Современный этап, как «кризис идей», есть следствие все более доминирующей психологической установки, мотивов. В работе [3] обращалось внимание на конструктивную роль куртуазного комплекса в позиционировании ученого начала Нового времени: «благородный рыцарь науки». Но основное внимание там уделялось фактору «Прекрасной дамы» (Истины, или Природы), которой рыцарь и служит. Здесь же хочется подчеркнуть значение второго элемента – «рыцарь», т.е. мужественный и решительный боец. Рыцарь при этом – странствующий, возможно, ходивший «воевать Палестину». Что в состоянии заменить подобного рыцаря? Собрать побольше «простолюдинов» и хорошенько им заплатить?

«Сдерживание агрессии», остановка экспансии, таким образом, чревата стагнацией и в науке. Возможно, это и к благу: мир дороже, чем истина. Развитие науки всегда перемежается ожесточенными конфликтами. XVII в. – не только мощный взлет точных наук, но и беспрецедентная тогда по размаху, жестокости Тридцатилетняя война. Наука в Англии расцветает вслед за революцией, гражданской войной. А «серебряный век» физики (первая половина ХХ в.) пронизывает две мировые войны, в которых применялись новейшие технические достижения. В свою очередь, зарождение античной науки случилось на плечах «темных веков», сопровождавшихся политическими пертурбациями в полисах. Не пора ли признать: дух, в котором наливается соком наука, – это не мир, но меч? Здесь Маркс был все-таки честен, как и Дарвин. А усиленно подчеркиваемое стремление науки к миру (Кант, Эйнштейн…) либо отличается презумпцией «вот победит разум (т.е. «наши»), тогда всеобщий мир и настанет», либо обязано тому, что мир требуется для тех жизненных областей, которые в сущности не составляют главного интереса ученого (пример – А.Д.Сахаров, выдающийся физик, а в политике – дон Кихот). Что должна была означать «победа научного мировоззрения»? Как в анекдоте: такая борьба за мир, что не останется камня на камне? Наука, в частности, абсолютно нетерпима ко всему, что ею почитается заблуждением, пусть исходящим от самых достойных людей. «Постиндустриальность» же, со всеми ее коннотациями, толерантностью, стоит осознавать, – если и «последний писк», то именно что последний, несущий в себе начало заката и Запада, вернее, всего того, чем он жил последнюю половину тысячелетия.

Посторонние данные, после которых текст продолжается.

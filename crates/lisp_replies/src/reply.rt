//! What is sent.

use lisp_records::{Addr, Prefix, Records};
use std::alloc::{Allocator, Global};

/// What is sent for an EID-Prefix that a Map-Request asks for (RFC 9301 sections 8.3 and 8.4).
#[derive(Debug, Drop)]
pub enum Reply<A: Allocator = Global> {
    /// A Map-Reply of these records, which one message can carry: of the prefix that answers, then of each longer one inside.
    Records(Records<A>),
    /// A negative Map-Reply, Natively-Forward: nobody is in this prefix.
    Negative(Negative),
    /// No Map-Reply: the Map-Request goes on to this address, the source of the Map-Register, and its router replies itself.
    Forward(Addr),
    /// Nothing, because the Map-Server has just started: the ITR asks again.
    Silent,
}

/// What a negative Map-Reply says.
#[derive(Clone, Copy, Debug, PartialEq, Eq)]
pub struct Negative {
    /// The widest prefix around the address in which nobody is there.
    pub eid: Prefix,
    /// How long an ITR may keep it, in minutes: 1 where a site has the prefix, else 15.
    pub ttl: u32,
}
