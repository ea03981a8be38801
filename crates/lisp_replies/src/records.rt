//! The records for a prefix, and whether one message can carry them.

ghost use Rattle.std.specs.Prelude.{◌≡◌, ◌∷◌, ◌<◌, List, None, true, false, map, IfOk, IfSome, OnErr};
ghost use Rattle.lisp_records.specs.Address.{max_len};
ghost use Rattle.lisp_records.specs.Parts.{fits_message};
ghost use Rattle.lisp_records.specs.Row.{RowValue};
ghost use Rattle.lisp_lookup.specs.Inside.{AreInside};
ghost use Rattle.lisp_lookup.specs.Replies.{record_of, not_local, IsLeastTtl};
ghost use Rattle.lisp_lookup.specs.Table.{OneEach};
ghost use Rattle.lisp_replies.specs.Narrowing.{FitFor, NoneFitFor};
ghost use Rattle.lisp_replies.specs.Walk.{records_of, HasMoreThan};

use lisp_lookup::{Inside, Table};
use lisp_memory::{FallibleVec, Memory};
use lisp_records::{Locator, MAX_RECORDS, MAX_SIZE, MapRecord, Prefix, Row};
use std::alloc::{AllocError, Allocator};

/// ACT 2, Send-Map-Request: the ITR asks again when it needs the prefix.
const SEND_MAP_REQUEST: u8 = 2;

/// The records for a prefix, of the row that answers for it and of those of the longer prefixes inside, all with the least TTL; `None`
/// where one message can't carry them.
pub(crate) fn records_for<A: Allocator + Copy, C: Memory + Copy>(
    alloc: C,
    table: &Table<A>,
    best: &Row<A>,
    eid: &Prefix,
    now: u64,
) -> Result<Option<Vec<MapRecord<C>, C>>, AllocError>
    requires one_each { OneEach table.now.rows }
    ensures fit { IfOk result (λ found. IfSome found
        (λ records. FitFor table.now.rows eid.now now best.now records.items)) }
    ensures unfit { IfOk result (λ found. found ≡ None
        → NoneFitFor table.now.rows eid.now now best.now) }

    // A longer prefix is inside then.
    ensures inner { IfOk result (λ found. found ≡ None
        → eid.now.mask_len < max_len eid.now.addr) }
    ensures memory { OnErr result C.may_refuse }
{
    let inside = table.inside(eid, now);
    match least_ttl(best, inside.again()) {
        Some(ttl) => records_with(alloc, best, eid, inside, ttl),
        None => Ok(None),
    }
}

// The least TTL, in minutes, of a row and of the best rows of the longer prefixes inside another; `None` where these are more than 254, so
// that one message can't carry a record of each.
fn least_ttl<A: Allocator + Copy>(best: &Row<A>, inside: Inside<'_, A>) -> Option<u32>
    requires one_each { OneEach inside.rows }
    requires begun { inside.after ≡ inside.outer }
    ensures least { IfSome result (λ ttl. (rows : List RowValue)
        → AreInside inside.entry.rows inside.entry.outer inside.entry.moment rows → IsLeastTtl (best.now ∷ rows) ttl) }
    ensures many { result ≡ None → HasMoreThan 254 inside.entry.rows inside.entry.outer inside.entry.moment }
    ensures inner { result ≡ None → inside.entry.outer.mask_len < max_len inside.entry.outer.addr }
{
    let mut least = best.mapping.ttl();
    let mut inside = inside;
    let mut count = 1;
    while let Some(row) = inside.next() {
        // A proof learns here that its prefix is a block.
        let _first = row.mapping.eid_ref().addr();
        if count == MAX_RECORDS {
            return None;
        }
        count += 1;
        least = least.min(row.mapping.ttl());
    }
    Some(least)
}

// The records with a TTL, in minutes: that of a row for a prefix, and those of the longer ones inside.
fn records_with<A: Allocator + Copy, C: Memory + Copy>(
    alloc: C,
    best: &Row<A>,
    eid: &Prefix,
    inside: Inside<'_, A>,
    ttl: u32,
) -> Result<Option<Vec<MapRecord<C>, C>>, AllocError>
    requires one_each { OneEach inside.rows }
    requires begun { (inside.outer ≡ eid.now) × (inside.after ≡ eid.now) }
    ensures fit { IfOk result (λ found. IfSome found (λ records. (rows : List RowValue)
        × AreInside inside.entry.rows eid.now inside.entry.moment rows
        × (records.items ≡ records_of ttl eid.now best.now rows)
        × (fits_message records.items ≡ true))) }
    ensures unfit { IfOk result (λ found. found ≡ None → (rows : List RowValue)
        → AreInside inside.entry.rows eid.now inside.entry.moment rows
        → fits_message (records_of ttl eid.now best.now rows) ≡ false) }
    ensures inner { IfOk result (λ found. found ≡ None
        → eid.now.mask_len < max_len eid.now.addr) }
    ensures memory { OnErr result C.may_refuse }
{
    let first = record_of(alloc, ttl, eid, best)?;
    let mut size = first.written_len();
    let mut records = Vec::new(alloc);
    records.try_push(first)?;
    let mut inside = inside;
    while let Some(row) = inside.next() {
        let record = record_of(alloc, ttl, row.mapping.eid_ref(), row)?;
        size += record.written_len();
        if records.len() == MAX_RECORDS || size > MAX_SIZE {
            return Ok(None);
        }
        records.try_push(record)?;
    }
    Ok(Some(records))
}

// The record of a row for a prefix: as registered where its router asked for proxy replies, but not authoritative, and no locator local;
// else without locators, so that the ITR asks again.
fn record_of<A: Allocator, C: Memory + Copy>(
    alloc: C,
    ttl: u32,
    eid: &Prefix,
    row: &Row<A>,
) -> Result<MapRecord<C>, AllocError>
    ensures record { IfOk result (λ r. r ≡ record_of ttl eid.now row.now) }
    ensures memory { OnErr result C.may_refuse }
{
    if !row.proxy {
        let record = MapRecord::new(ttl, SEND_MAP_REQUEST, false, 0, *eid, Vec::new(alloc));
        return Ok(record.unwrap());
    }
    let mapping = &row.mapping;
    let locators = not_local(alloc, mapping.locators())?;
    let record = MapRecord::new(ttl, mapping.act(), false, mapping.version(), *eid, locators);
    Ok(record.unwrap())
}

// The same locators, none of them of the one that replies.
fn not_local<C: Memory + Copy>(
    alloc: C,
    locators: &[Locator],
) -> Result<Vec<Locator, C>, AllocError>
    ensures copies { IfOk result (λ copies. copies.items ≡ map not_local locators.now) }
    ensures memory { OnErr result C.may_refuse }
{
    let mut copies = Vec::new(alloc);
    copies.make_room_for(locators)?;
    for locator in locators {
        copies.try_push(Locator {
            local: false,
            ..*locator
        })?;
    }
    Ok(copies)
}
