//! Which rows aren't replied with in the first moments of a life.

ghost use Rattle.std.specs.Prelude.{◌≡◌, ◌&&◌, nat_lt};
ghost use Rattle.std.specs.List.{list_any};
ghost use Rattle.lisp_records.specs.Address.{covers, prefix_eq};
ghost use Rattle.lisp_replies.specs.Reply.{is_starting, is_held_back, is_of_site, is_longer_of_site};

use lisp_policy::{Site, Sites};
use lisp_records::{Prefix, Row};
use std::alloc::Allocator;

/// How long, in ms, a life is starting, unless another time is asked for: as long as routers may take to register again.
pub const QUIET: u64 = 60_000;

/// Whether a life that began at a moment, in ms, is still starting at another, where that lasts for so many ms.
pub fn is_starting(began: u64, quiet: u64, now: u64) -> bool
    ensures { result ≡ is_starting began quiet now }
{
    now.saturating_sub(began) < quiet
}

/// Whether a row isn't replied with, because the Map-Server is starting: rows of longer prefixes may come back, unless its prefix is the
/// longest of a site that covers the one that is asked for.
pub(crate) fn is_held_back<A: Allocator, B: Allocator>(
    starting: bool,
    sites: &Sites<B>,
    asked: &Prefix,
    best: &Row<A>,
) -> bool
    ensures { result ≡ is_held_back starting sites.now asked.now best.now }
{
    let eid = best.mapping.eid_ref();
    starting && !(is_of_site(sites, eid) && !is_longer_of_site(sites, asked, eid))
}

// Whether the prefix is one of a site.
fn is_of_site<A: Allocator>(sites: &Sites<A>, eid: &Prefix) -> bool
    ensures { result ≡ is_of_site sites.now eid.now }
{
    sites.as_slice().iter().any(|site| has_prefix(site, eid))
}

fn has_prefix<A: Allocator>(site: &Site<A>, eid: &Prefix) -> bool
    ensures { result ≡ list_any (λ p. prefix_eq p.eid eid.now) site.now.prefixes }
{
    site.prefixes().iter().any(|of_site| of_site.eid == *eid)
}

// Whether a longer one of a site covers the one that is asked for.
fn is_longer_of_site<A: Allocator>(sites: &Sites<A>, asked: &Prefix, eid: &Prefix) -> bool
    ensures { result ≡ is_longer_of_site sites.now asked.now eid.now }
{
    sites
        .as_slice()
        .iter()
        .any(|site| has_longer(site, asked, eid))
}

fn has_longer<A: Allocator>(site: &Site<A>, asked: &Prefix, eid: &Prefix) -> bool
    ensures { result ≡ list_any (λ p. covers p.eid asked.now
        && nat_lt eid.now.mask_len p.eid.mask_len) site.now.prefixes }
{
    site.prefixes()
        .iter()
        .any(|of_site| is_longer(&of_site.eid, asked, eid))
}

// Whether a prefix covers the one that is asked for, and is longer than another.
fn is_longer(one: &Prefix, asked: &Prefix, other: &Prefix) -> bool
    ensures { result ≡ (covers one.now asked.now && nat_lt other.now.mask_len one.now.mask_len) }
{
    one.covers(asked) && other.mask_len() < one.mask_len()
}
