//! What a router sends.

ghost use Rattle.std.specs.Prelude.{◌≡◌, ◌≤◌, None, length, IfOk, IfSome, OnErr};
ghost use Rattle.lisp_records.specs.Address.{max_len};
ghost use Rattle.lisp_replies.specs.Own.{IsOwnReply, IsOwnUnanswered, NoneIsFor, OwnRepliesWith};

use crate::own_hole::own_hole;
use crate::own_narrowing::widest_that_fits;
use crate::own_records::{longest_for, own_records};
use crate::reply::{Negative, Reply};
use lisp_memory::Memory;
use lisp_records::{Addr, Database, MapRecord, Prefix, Records};
use std::alloc::{AllocError, Allocator};

/// How long an ITR may keep a negative reply of a router, in minutes: the router's records may come back.
const NEGATIVE_TTL: u32 = 1;

/// What a router with this database sends for an EID-Prefix that a Map-Request asks for; what it makes lies in memory of `alloc` (RFC 9301
/// sections 5.5, 7.1 and 8.2).
///
/// - The longest record whose prefix covers it answers: the records are sent of that prefix, then of each longer one inside, in the
///   database's order, as configured, but authoritative, and all with the least TTL. Where one message can't carry them, the first one's
///   prefix is narrowed toward the one that is asked for.
/// - Where no record's prefix covers it, or the records fit no message, the prefix of its address alone is answered: by its records, or by
///   a negative reply for the widest prefix around the address in which no record's prefix lies, for 1 minute.
/// - Where an address is `probed` (P of the Map-Request), each locator of that address has the probe bit.
pub fn router_reply<A: Allocator, C: Memory + Copy>(
    alloc: C,
    database: &Database<A>,
    asked: &Prefix,
    probed: Option<Addr>,
) -> Result<Reply<C>, AllocError>
    ensures reply { IfOk result (λ reply. IsOwnReply database.now asked.now probed reply) }
    ensures memory { OnErr result C.may_refuse }
{
    let records = database.records();
    if let Some(found) = records_for(alloc, records, asked, probed)? {
        return Ok(Reply::Records(found));
    }
    let addr = asked.addr();
    let alone = Prefix::new(addr, addr.family().max_mask_len()).unwrap();
    if let Some(found) = records_for(alloc, records, &alone, probed)? {
        return Ok(Reply::Records(found));
    }
    Ok(Reply::Negative(Negative {
        eid: own_hole(records, &addr),
        ttl: NEGATIVE_TTL,
    }))
}

// The records that are sent for a prefix; `None` where no record's prefix covers it, or one message can't carry them.
fn records_for<A: Allocator, C: Memory + Copy>(
    alloc: C,
    records: &[MapRecord<A>],
    asked: &Prefix,
    probed: Option<Addr>,
) -> Result<Option<Records<C>>, AllocError>
    requires few { length records.now ≤ 1024 }
    ensures records { IfOk result (λ found. IfSome found
        (λ own. OwnRepliesWith records.now asked.now probed own)) }
    ensures unanswered { IfOk result (λ found. found ≡ None
        → IsOwnUnanswered records.now asked.now probed) }
    ensures alone { IfOk result (λ found. found ≡ None
        → asked.now.mask_len ≡ max_len asked.now.addr → NoneIsFor records.now asked.now) }
    ensures memory { OnErr result C.may_refuse }
{
    let Some(longest) = longest_for(records, asked) else {
        return Ok(None);
    };
    let Some(eid) = widest_that_fits(records, longest, asked) else {
        return Ok(None);
    };
    let own = own_records(alloc, records, longest, &eid, probed)?;
    Ok(Some(Records::from_vec(own)))
}
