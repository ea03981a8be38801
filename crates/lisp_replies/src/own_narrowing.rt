//! The widest prefix for which one message can carry a router's records.

ghost use Rattle.std.specs.Prelude.{◌≡◌, ◌≢◌, ◌≤◌, [], None, true, length, IfSome};
ghost use Rattle.lisp_records.specs.Address.{covers, prefix_around};
ghost use Rattle.lisp_replies.specs.Own.{own_inside};
ghost use Rattle.lisp_replies.specs.OwnSteps.{own_fit, IsWidestFit, FitsNowhere};

use lisp_lookup::is_inside;
use lisp_records::{MAX_RECORDS, MAX_SIZE, MapRecord, Prefix};
use std::alloc::Allocator;

/// The widest prefix, from that of the longest record to the one that is asked for, for which one message can carry the records; `None`
/// where there is none.
pub(crate) fn widest_that_fits<A: Allocator>(
    records: &[MapRecord<A>],
    longest: &MapRecord<A>,
    asked: &Prefix,
) -> Option<Prefix>
    requires few { length records.now ≤ 1024 }
    requires over { covers longest.now.eid asked.now ≡ true }
    ensures widest { IfSome result (λ eid.
        IsWidestFit records.now longest.now asked.now eid) }
    ensures nowhere { result ≡ None → FitsNowhere records.now longest.now asked.now }
    ensures some { result ≡ None → own_inside records.now asked.now ≢ [] }
{
    let addr = asked.addr();
    let widest = longest.eid_ref().mask_len();
    // Nearly always all records fit.
    if fit_around(records, longest, asked, widest) {
        return Prefix::new(addr, widest);
    }
    let mut low = widest + 1;
    let mut high = asked.mask_len();
    if !fit_around(records, longest, asked, high) {
        return None;
    }
    while low < high {
        let middle = low + (high - low) / 2;
        if fit_around(records, longest, asked, middle) {
            high = middle;
        } else {
            low = middle + 1;
        }
    }
    Prefix::new(addr, high)
}

// Whether one message can carry the records for the prefix of a length around the one that is asked for.
fn fit_around<A: Allocator>(
    records: &[MapRecord<A>],
    longest: &MapRecord<A>,
    asked: &Prefix,
    mask_len: u8,
) -> bool
    requires few { length records.now ≤ 1024 }
    requires within { mask_len ≤ asked.now.mask_len }
    ensures fit { result ≡ own_fit records.now longest.now (prefix_around asked.now.addr mask_len) }
    ensures some { own_inside records.now (prefix_around asked.now.addr mask_len) ≡ []
        → result ≡ true }
{
    let eid = Prefix::new(asked.addr(), mask_len).unwrap();
    fit(records, longest, &eid)
}

// Whether one message can carry the records for a prefix.
fn fit<A: Allocator>(records: &[MapRecord<A>], longest: &MapRecord<A>, eid: &Prefix) -> bool
    requires few { length records.now ≤ 1024 }
    ensures fit { result ≡ own_fit records.now longest.now eid.now }
    ensures some { own_inside records.now eid.now ≡ [] → result ≡ true }
{
    let mut count = 1;
    let mut size = longest.written_len();
    for record in records {
        if is_inside(eid, record.eid_ref()) {
            count += 1;
            size += record.written_len();
        }
    }
    count <= MAX_RECORDS && size <= MAX_SIZE
}
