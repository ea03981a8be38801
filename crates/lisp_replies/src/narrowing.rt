//! The widest prefix for which one message can carry the records.

ghost use Rattle.std.specs.Prelude.{◌≡◌, ◌<◌, ◌≤◌, None, IfOk, IfSome, OnErr};
ghost use Rattle.lisp_records.specs.Address.{max_len, prefix_around};
ghost use Rattle.lisp_lookup.specs.Covering.{IsBestFor};
ghost use Rattle.lisp_lookup.specs.Table.{OneEach};
ghost use Rattle.lisp_replies.specs.Narrowing.{AreWidest, FitFor, FitNowhere, NoneFitFor};

use crate::records::records_for;
use lisp_lookup::Table;
use lisp_memory::Memory;
use lisp_records::{MapRecord, Prefix, Row};
use std::alloc::{AllocError, Allocator};

/// The records for the widest prefix, from that of the row that answers to the one that is asked for, for which one message can carry them;
/// `None` where none can.
pub(crate) fn widest_records<A: Allocator + Copy, C: Memory + Copy>(
    alloc: C,
    table: &Table<A>,
    best: &Row<A>,
    asked: &Prefix,
    now: u64,
) -> Result<Option<Vec<MapRecord<C>, C>>, AllocError>
    requires one_each { OneEach table.now.rows }
    requires is_best { IsBestFor table.now.rows asked.now now best.now }
    ensures widest { IfOk result (λ found. IfSome found
        (λ records. AreWidest table.now.rows asked.now now best.now records.items)) }
    ensures nowhere { IfOk result (λ found. found ≡ None
        → FitNowhere table.now.rows asked.now now best.now) }

    // A longer prefix is inside the one that is asked for then.
    ensures inner { IfOk result (λ found. found ≡ None
        → asked.now.mask_len < max_len asked.now.addr) }
    ensures memory { OnErr result C.may_refuse }
{
    // Nearly always all records fit.
    let widest = best.mapping.eid_ref().mask_len();
    let found = records_around(alloc, table, best, asked, widest, now)?;
    if found.is_some() {
        return Ok(found);
    }
    let mut low = widest + 1;
    let mut high = asked.mask_len();
    let Some(mut records) = records_around(alloc, table, best, asked, high, now)? else {
        return Ok(None);
    };
    while low < high {
        let middle = low + (high - low) / 2;
        match records_around(alloc, table, best, asked, middle, now)? {
            Some(found) => {
                records = found;
                high = middle;
            }
            None => low = middle + 1,
        }
    }
    Ok(Some(records))
}

// The records for the prefix of a length around the one that is asked for; `None` where one message can't carry them.
fn records_around<A: Allocator + Copy, C: Memory + Copy>(
    alloc: C,
    table: &Table<A>,
    best: &Row<A>,
    asked: &Prefix,
    length: u8,
    now: u64,
) -> Result<Option<Vec<MapRecord<C>, C>>, AllocError>
    requires one_each { OneEach table.now.rows }
    requires within { length ≤ asked.now.mask_len }
    ensures fit { IfOk result (λ found. IfSome found (λ records. FitFor table.now.rows
        (prefix_around asked.now.addr length) now best.now records.items)) }
    ensures unfit { IfOk result (λ found. found ≡ None
        → NoneFitFor table.now.rows (prefix_around asked.now.addr length) now best.now) }
    ensures inner { IfOk result (λ found. found ≡ None → length < max_len asked.now.addr) }
    ensures memory { OnErr result C.may_refuse }
{
    let eid = Prefix::new(asked.addr(), length).unwrap();
    records_for(alloc, table, best, &eid, now)
}
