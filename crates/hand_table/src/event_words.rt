//! Events as words: `hole 1 2c??`, `board 2c3d4h`, `fold 1`, `call 1 6`, `raise 1 to 40`, `bring_in
//! 1`, `discard 1 2c`, `show 1 2c3d` and `muck 1`. A move by the player to act has `-` as its seat,
//! and a call that states no chips, or a discard of no card, ends with `-`.
ghost use Rattle.std.specs.Prelude.{◌≡◌, false, IfSome};
ghost use Rattle.play_event.specs.Said.{kind_said};
ghost use Rattle.play_laws.specs.CardEvents.{is_card_said};

use crate::card_words::{cards_text, slots_text};
use crate::words::{first_and_rest, seat_of};
use card_set::{CardRow, Slot, SlotRow, read_slots};
use chip_ledger::Seat;
use play_event::{Kind, Spelled};
use std::alloc::{AllocError, Global};

/// The event that the words say.
pub fn kind_of(words: &str) -> Option<Kind> {
    let (word, rest) = first_and_rest(words);
    match word.as_bytes() {
        b"hole" => {
            let (seat, cards) = seat_and_slots(rest)?;
            Some(Kind::Hole { seat, cards })
        }
        b"board" => Some(Kind::Board {
            cards: known(&slots_of(rest)?)?,
        }),
        b"discard" => {
            let (seat, cards) = seat_and_slots(rest)?;
            Some(Kind::Discard { seat, cards })
        }
        b"show" => {
            let (seat, slots) = seat_and_slots(rest)?;
            Some(Kind::Show {
                seat,
                cards: known(&slots)?,
            })
        }
        b"muck" => Some(Kind::Muck {
            seat: seat_of(rest)?,
        }),
        _ => move_of(word, rest),
    }
}

fn seat_and_slots(text: &str) -> Option<(Seat, SlotRow)> {
    let (seat, slots) = first_and_rest(text);
    Some((seat_of(seat)?, slots_of(slots)?))
}

fn slots_of(text: &str) -> Option<SlotRow> {
    match text.as_bytes() {
        b"-" => Some(SlotRow::new()),
        _ => read_slots(text.as_bytes()).ok(),
    }
}

// The cards of a row, if all are known.
fn known(slots: &SlotRow) -> Option<CardRow> {
    let mut cards = CardRow::new();
    for slot in slots.as_slice() {
        match slot {
            Slot::Known(card) if cards.len < 7 => cards.push(*card),
            _ => return None,
        }
    }
    Some(cards)
}

/// The move that a first word and the words after it say: an event without cards.
pub fn move_of(word: &str, rest: &str) -> Option<Kind>
    ensures { IfSome result (λ kind. is_card_said (kind_said kind) ≡ false) }
{
    let (actor, rest) = first_and_rest(rest);
    let actor = actor_of(actor)?;
    match word.as_bytes() {
        b"fold" => Some(Kind::Fold { actor }),
        b"call" => Some(Kind::Call {
            actor,
            stated: stated_of(rest)?,
        }),
        b"raise" => Some(Kind::Raise {
            actor,
            amount: amount_of(rest)?,
        }),
        b"bring_in" => Some(Kind::BringIn { actor }),
        _ => None,
    }
}

// The seat that is named; `-` names none.
fn actor_of(word: &str) -> Option<Option<Seat>> {
    match word.as_bytes() {
        b"-" => Some(None),
        _ => Some(Some(seat_of(word)?)),
    }
}

// The chips that are stated; `-` states none.
fn stated_of(word: &str) -> Option<Option<u64>> {
    match word.as_bytes() {
        b"-" => Some(None),
        _ => Some(Some(word.parse::<u64>().ok()?)),
    }
}

fn amount_of(words: &str) -> Option<Spelled> {
    let (spelling, chips) = first_and_rest(words);
    match spelling.as_bytes() {
        b"to" => Some(Spelled::To(chips.parse::<u64>().ok()?)),
        b"added" => Some(Spelled::Added(chips.parse::<u64>().ok()?)),
        b"total" => Some(Spelled::HandTotal(chips.parse::<u64>().ok()?)),
        b"unit" => Some(Spelled::Unit),
        _ => None,
    }
}

/// The words of an event.
pub fn event_text(alloc: Global, kind: &Kind) -> Result<String, AllocError> {
    match kind {
        Kind::Hole { seat, cards } => with_slots(alloc, "hole", *seat, cards),
        Kind::Discard { seat, cards } => with_slots(alloc, "discard", *seat, cards),
        Kind::Board { cards } => {
            let cards = cards_text(alloc, cards.as_slice())?;
            format!(in alloc; "board {cards}")
        }
        Kind::Show { seat, cards } => {
            let seat = seat.number;
            let cards = cards_text(alloc, cards.as_slice())?;
            format!(in alloc; "show {seat} {cards}")
        }
        Kind::Muck { seat } => {
            let seat = seat.number;
            format!(in alloc; "muck {seat}")
        }
        Kind::Fold { actor } => with_actor(alloc, "fold", *actor),
        Kind::BringIn { actor } => with_actor(alloc, "bring_in", *actor),
        Kind::Call { actor, stated } => {
            let call = with_actor(alloc, "call", *actor)?;
            match stated {
                Some(chips) => format!(in alloc; "{call} {chips}"),
                None => format!(in alloc; "{call} -"),
            }
        }
        Kind::Raise { actor, amount } => {
            let raise = with_actor(alloc, "raise", *actor)?;
            match amount {
                Spelled::To(chips) => format!(in alloc; "{raise} to {chips}"),
                Spelled::Added(chips) => format!(in alloc; "{raise} added {chips}"),
                Spelled::HandTotal(chips) => format!(in alloc; "{raise} total {chips}"),
                Spelled::Unit => format!(in alloc; "{raise} unit"),
            }
        }
    }
}

fn with_slots(
    alloc: Global,
    word: &str,
    seat: Seat,
    slots: &SlotRow,
) -> Result<String, AllocError> {
    let seat = seat.number;
    let cards = slots_text(alloc, slots.as_slice())?;
    format!(in alloc; "{word} {seat} {cards}")
}

fn with_actor(alloc: Global, word: &str, actor: Option<Seat>) -> Result<String, AllocError> {
    match actor {
        Some(seat) => {
            let number = seat.number;
            format!(in alloc; "{word} {number}")
        }
        None => format!(in alloc; "{word} -"),
    }
}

Неотрывная от постиндустриальности коммерциализация культуры, в свою очередь, ведет к эпистемологической анемии. В состоянии ли деньги как движущий мотив заменить собой упомянутые сжатые, как стальная пружина, инстинкты агрессии и продолжения рода? Эти инстинкты в известном смысле «больше человека», и ради них индивид в состоянии идти даже на смертельный риск, не принадлежа, таким образом, самому себе. Оба инстинкта направляют человека не на себя, а на других. Сосредоточенность же на личном благе, понимаемом вполне по-мещански, в конечном счете имеет образцом стерилизованного жирного кота, а не дикого льва с железными и быстрыми мышцами.

Не исключено, что предложенные размышления вторгаются в «запретную область», в чем-то даже противоречат корпоративным интересам науки. Однако раз главной целью науки провозглашается истина, ее стоит доискиваться, даже если это не согласуется с выгодой каких-то сословий, не исключая и нашего. В конечном счете вплоть до: «истина или научное сообщество?»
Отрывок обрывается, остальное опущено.